Saved entries:
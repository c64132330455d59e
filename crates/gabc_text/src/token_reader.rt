//! The tokens of a kept text.

ghost use Rattle.std.specs.Prelude.{◌≡◌, ◌+◌, ◌<◌, ◌≤◌, ◌^◌, length, slice_get};
ghost use Rattle.gabc_text.specs.machine.TokenReader.{reading_at};
ghost use Rattle.gabc_text.specs.TextTokens.{tokens_from, tokens_of, AreWithin};

use crate::token::{TagEffect, TokenKind};
use crate::token_state::{Step, TokenState, is_plain, kind_at_end, next_step, settled_kind};
use gabc_places::Span;
use std::marker::Model;

/// A token of a text: a part of its spelling that the rules are about.
#[derive(Clone, Copy, Debug, PartialEq, Eq)]
pub struct TextToken {
    /// Its kind.
    pub kind: TokenKind,
    /// The effect of its tag, if it is a tag; else `Other`.
    pub effect: TagEffect,
    /// Its bytes in the text.
    pub span: Span,
}

/// The effect of a character on the token that is read.
#[derive(Clone, Copy)]
pub(crate) enum Reading {
    /// No token begins with it: it is the `(` of the notes.
    Notes,
    /// A token of this kind ends before it.
    Settled(TokenKind),
    /// It is part of a token.
    Taken(Step),
}

/// Returns the effect of the character `c` in `state`.
fn reading_at(state: &TokenState, c: char) -> Reading
    ensures { result ≡ reading_at state.now c }
{
    if c == '(' && is_plain(*state) {
        return Reading::Notes;
    }
    match settled_kind(*state, c) {
        Some(kind) => Reading::Settled(kind),
        None => Reading::Taken(next_step(*state, c)),
    }
}

/// Returns the token that begins `text`, if one does. The first byte of `text` is counted as `at`.
fn first_token(text: &str, at: usize) -> Option<TextToken>
    requires { at + length text.now < 2 ^ 64 }
    ensures { result ≡ slice_get (tokens_from at text.now) 0 }
{
    let mut state = TokenState::Plain;
    let mut end = at;
    for c in text.chars() {
        match reading_at(&state, c) {
            Reading::Notes => return None,
            Reading::Settled(kind) => return Some(other_token(kind, at, end)),
            Reading::Taken(step) => {
                end += c.len_utf8();
                match step {
                    Step::Stays(after) => state = after,
                    Step::Ends { kind, effect } => {
                        let span = Span { from: at, to: end };
                        return Some(TextToken { kind, effect, span });
                    }
                }
            }
        }
    }
    let kind = kind_at_end(state)?;
    Some(other_token(kind, at, end))
}

/// Returns a token that is no tag.
fn other_token(kind: TokenKind, from: usize, to: usize) -> TextToken
    ensures { result
        ≡ record { kind = kind; effect = TagEffect.Other; span = record { from = from; to = to } } }
{
    TextToken {
        kind,
        effect: TagEffect::Other,
        span: Span { from, to },
    }
}

/// An iterator over the tokens of a text, in order. In contracts it is the list of the remaining
/// ones.
#[derive(Drop)]
pub struct TokenReader<'a> {
    /// The text from the next token on.
    rest: &'a str,
    /// The number of bytes of the text before it.
    at: usize,
}

impl<'a> Model for TokenReader<'a> {
    ghost use Rattle.std.specs.Prelude.{◌+◌, ◌<◌, ◌^◌, List, length, IsUtf8};
    ghost use Rattle.gabc_text.specs.TextTokens.{tokens_from};
    ghost use Rattle.gabc_text.specs.declared.token_reader.TextToken.{TextToken};

    ghost Value = { List TextToken };

    ghost view = { λ r. tokens_from r.at r.rest.now };

    ghost invariant = { λ r. IsUtf8 r.rest.now × (r.at + length r.rest.now < 2 ^ 64) };
}

impl<'a> TokenReader<'a> {
    /// Returns an iterator over the remaining tokens, to look ahead. It takes none of them, and
    /// does not allocate.
    pub fn ahead(&self) -> TokenReader<'a>
        ensures { result ≡ self.now }
    {
        TokenReader {
            rest: self.rest,
            at: self.at,
        }
    }
}

impl<'a> Iterator for TokenReader<'a> {
    type Item = TextToken;

    ghost use Rattle.std.specs.Iterator.{YieldsFirst, item_count};

    ghost next_gives = { YieldsFirst (λ ahead. ahead) };

    ghost remaining = { item_count (λ ahead. ahead) };

    fn next(&mut self) -> Option<TextToken> {
        let token = first_token(self.rest, self.at)?;
        self.rest = &self.rest[token.span.to - self.at..];
        self.at = token.span.to;
        Some(token)
    }
}

/// Returns an iterator over the tokens of `text`, in order, up to its end or to a `(` between
/// tokens (GregorioRef, "Syllable Text Syntax"). They lie in `text`, each begins at the end of the
/// one before it, and they are at most as many as its bytes. It does not allocate, and reads each
/// token when it is asked for.
pub fn tokens_in(text: &str) -> TokenReader<'_>
    ensures tokens { result ≡ tokens_of text.now }
    ensures within { AreWithin text.now (tokens_of text.now) }
    ensures few { length (tokens_of text.now) ≤ length text.now }
{
    TokenReader { rest: text, at: 0 }
}
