//! The text of a syllable: its pieces with their styles, its centre and its translation.
//!
//! The place of a byte of the kept text is found among the characters that were kept:
//!
//! ```
//! let body = "<i>a) b</i>(f)";
//! let read = text_whole(alloc, body, Place::START)?; // read.kept is "<i>a b</i>"
//! let kept = kept_chars(alloc, body, Place::START)?;
//! for piece in &read.view.pieces {
//!     let place = place_of_byte(kept.as_slice(), piece.span.from); // of `b`: 1:7
//! }
//! let len = text_len(&read.view, read.kept.as_str()); // 10, the bytes that `write_text` puts
//! ```
#![tactic(auto)]

mod canonical;
mod emit;
mod kept;
pub mod laws;
mod progress;
mod regular;
mod regular_runs;
mod span_mark;
mod stage;
mod stage_tells;
mod styles;
mod tag_name;
mod tags;
mod text_event;
mod text_facts;
mod token;
mod token_reader;
mod token_state;
mod view;
mod whole;

pub use canonical::{text_len, text_span, write_text};
pub use kept::kept_chars;
pub use regular::{regular_text, translation_from};
pub use span_mark::{SpanMark, mark_at};
pub use stage::TextStage;
pub use styles::{Style, Styles};
pub use text_event::{TextEnd, TextEvent, TextOut, TextPart};
pub use token::{RawKind, TagEffect, TokenKind};
pub use token_reader::{TextToken, TokenReader, tokens_in};
pub use view::{Piece, PieceKind, Pieces, TextEnding, TextView};
pub use whole::{TextRead, text_whole};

PROBLEM:
Work out how many lines in the records include "struct". Only the number should be given.

EXPECTED ANSWER:
2